Still catching up with Online Commentary & Diversions. There's more, but I'm out of time, so more catch-up tomorrow!

• Review: "The backbone of the family, and also its Achilles heel, Luba is a larger-than-life personality who jumps off every page, whether she's the focus of the segment or just a background player. [Gilbert] Hernandez collects over 100 stories here, ranging from graphic novellas to single-page episodes, with his usual dizzying cocktail of sexual intrigue, humor and soap opera-style angst." - Publishers Weekly (Starred Review - near end of page)

• Review: "[You'll Never Know Book 1] becomes a meditation on how the 'art' of our lives, its story, is found all around us, if we but pay attention... [R]ecommended... [and] illuminating." - Mark London Williams, The SF Site: Nexus Graphica

• Review: "There are two excellent interviews in the back of [Blazing Combat]... The interviews are part of what makes the comic so fascinating. Of course, it wouldn’t matter if the stories weren’t good, and they are... [Archie] Goodwin does a fine job keeping each story fresh and even getting into the heads of the characters... It’s a testament to Goodwin’s ability that he manages to write 28 (generally) anti-war stories, but never feels like he’s simply repeating himself... The art helps the book shine, as well... There’s not a poorly-illustrated story in the entire book, and some are eerily beautiful... These are both excellent comics and fascinating historical documents, and Blazing Combat is totally worth a read." - Greg Burgas, Comic Book Resources

• Review: "...[T]here’s an undercurrent in this anthology [Boody: The Bizarre Comics of Boody Rogers] that points to something curious and bizarre that’s worth the same sort of glance as a fake freak in a smarmy sideshow." - the johnandjanaverse

• Profile: Publishers Weekly talks to Trina Robbins about editing our "luscious" collection The Brinkley Girls: The Best of Nell Brinkley's Cartoons from 1913-1940. Sample quote: "It's just fascinating to me that you can open your dictionary and go to G and find Gibson Girls but you can't find Brinkley Girls under B."

• Profile: I don't think I would have guessed that Joost Swarte was influenced by Ed "Big Daddy" Roth, but so says he: The Walrus spotlights Swarte, who provides a cover illustration for the current issue, and whose long-gestating Fantagraphics collection Modern Swarte is still in the works

• Interview: Zak Sally professes a longstanding crush on Maggie & Hopey in a Q&A with Minnesota Reads

• Interview: At Newsarama, Zack Smith enjoys a lengthy chat with Jules Feiffer (and breaks the news to him that Explainers is nominated for an Eisner Award... oops, sorry Jules)

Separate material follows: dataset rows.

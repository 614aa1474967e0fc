//! Words that name faces of panels.
ghost use Rattle.std.specs.Prelude.{◌≡◌};
ghost use Rattle.smol_blocks.specs.Faces.{face_in, faces_in, faces_named, other_word};

use smol_line::spells;
use smol_types::{Face, Kind};

/// One face of a panel, or both.
#[derive(Clone, Copy, Debug, PartialEq, Eq)]
pub enum Faces {
    Front,
    Back,
    Both,
}

// The face or the faces that a word names.
#[tactic(auto, unfolding(crate::specs::Faces::faces_named))]
fn faces_named(word: &[u8]) -> Option<Faces>
    ensures { result ≡ faces_named word.now }
{
    if spells(word, "front") {
        Some(Faces::Front)
    } else if spells(word, "back") {
        Some(Faces::Back)
    } else if spells(word, "both") {
        Some(Faces::Both)
    } else {
        None
    }
}

/// The one face that a word names.
pub fn face_in(word: &[u8]) -> Result<Face, Kind>
    ensures { result ≡ face_in word.now }
{
    match faces_named(word) {
        Some(Faces::Front) => Ok(Face::Front),
        Some(Faces::Back) => Ok(Face::Back),
        Some(Faces::Both) => Err(Kind::BadFace),
        None => Err(Kind::BadFace),
    }
}

/// The faces that one of two words names, the first one where both do.
pub fn faces_in(first: &[u8], second: &[u8]) -> Result<Faces, Kind>
    ensures { result ≡ faces_in first.now second.now }
{
    match faces_named(first) {
        Some(faces) => Ok(faces),
        None => faces_named(second).ok_or(Kind::BadFace),
    }
}

/// The other one of the two words.
pub fn other_word<'a>(first: &'a [u8], second: &'a [u8]) -> &'a [u8]
    ensures { result.now ≡ other_word first.now second.now }
{
    match faces_named(first) {
        Some(_) => second,
        None => first,
    }
}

• List: Moolies posts his/her (?) "Top 10 graphic novels," including Safe Area Gorazde by Joe Sacco ("It's truly appalling reading, and the reason is because he's such a great artist, and a great listener too"), Peter Bagge's Buddy Bradley saga ("There's so much painful and embarrassing truth in Bagge's work, and it's carried along by a sharp, wisecracking sense of humour"), and Love and Rockets ("A stunning, extraordinary, even feminist (or humanist) body of work... It's always a joy, and I'm so glad they're still writing these stories")

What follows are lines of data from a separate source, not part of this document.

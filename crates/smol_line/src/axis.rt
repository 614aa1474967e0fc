//! Words that name an axis.
ghost use Rattle.std.specs.Prelude.{◌≡◌, ◌<◌, IfOk, IfSome};
ghost use Rattle.smol_line.specs.Axis.{axis_in, axis_named};

use crate::words::spells;
use smol_types::Kind;

// The axis that a word names.
#[tactic(auto, unfolding(crate::specs::Axis::axis_named))]
fn axis_named(word: &[u8]) -> Option<u8>
    ensures value { result ≡ axis_named word.now }
    ensures within { IfSome result (λ axis. axis < 3) }
{
    if spells(word, "x") || spells(word, "0") {
        Some(0)
    } else if spells(word, "y") || spells(word, "1") {
        Some(1)
    } else if spells(word, "z") || spells(word, "2") {
        Some(2)
    } else {
        None
    }
}

/// The axis in use that a word names.
pub fn axis_in(dims: u8, word: &[u8]) -> Result<u8, Kind>
    ensures value { result ≡ axis_in dims word.now }
    ensures within { IfOk result (λ axis. axis < 3) }
    ensures in_use { IfOk result (λ axis. axis < dims) }
{
    match axis_named(word) {
        None => Err(Kind::UnknownName),
        Some(axis) if axis < dims => Ok(axis),
        Some(_) => Err(Kind::OutOfRange),
    }
}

• Plug: "We should all learn about Nell Brinkley in college. So if you’re currently in college, go check out The Brinkley Girls already. And if you’re out of college already, well go check it out anyway, because everyone seriously needs to see this book—Brinkley was that good." - J. Caleb Mozzocco, Newsarama

• Plug: "As fans of art and cool things in general we are thankful to a friend who sent us the following link to: The Brinkley Girls: The Best of Nell Brinkley's Cartoons from 1913-1940, edited by Trina Robbins... Nell was an amazing illustrator." - The GIV Family Blog

• Plug: Joakim Gunnarsson raves about the "fantastic" black & white edition of Prince Valiant Vol. 1, with photos

• Plug: Comic Book Junkie takes note of our video previews on YouTube (which are also visible, alongside extensive photo previews, in our Flickr stream)

• Plug: Annika in London recommends Leah Hayes's "beautiful book" Funeral of the Heart for the second time

• Plug: 999 spotlights Jason's Low Moon and, according to the Google translation from Spanish, calls us "blithe kids"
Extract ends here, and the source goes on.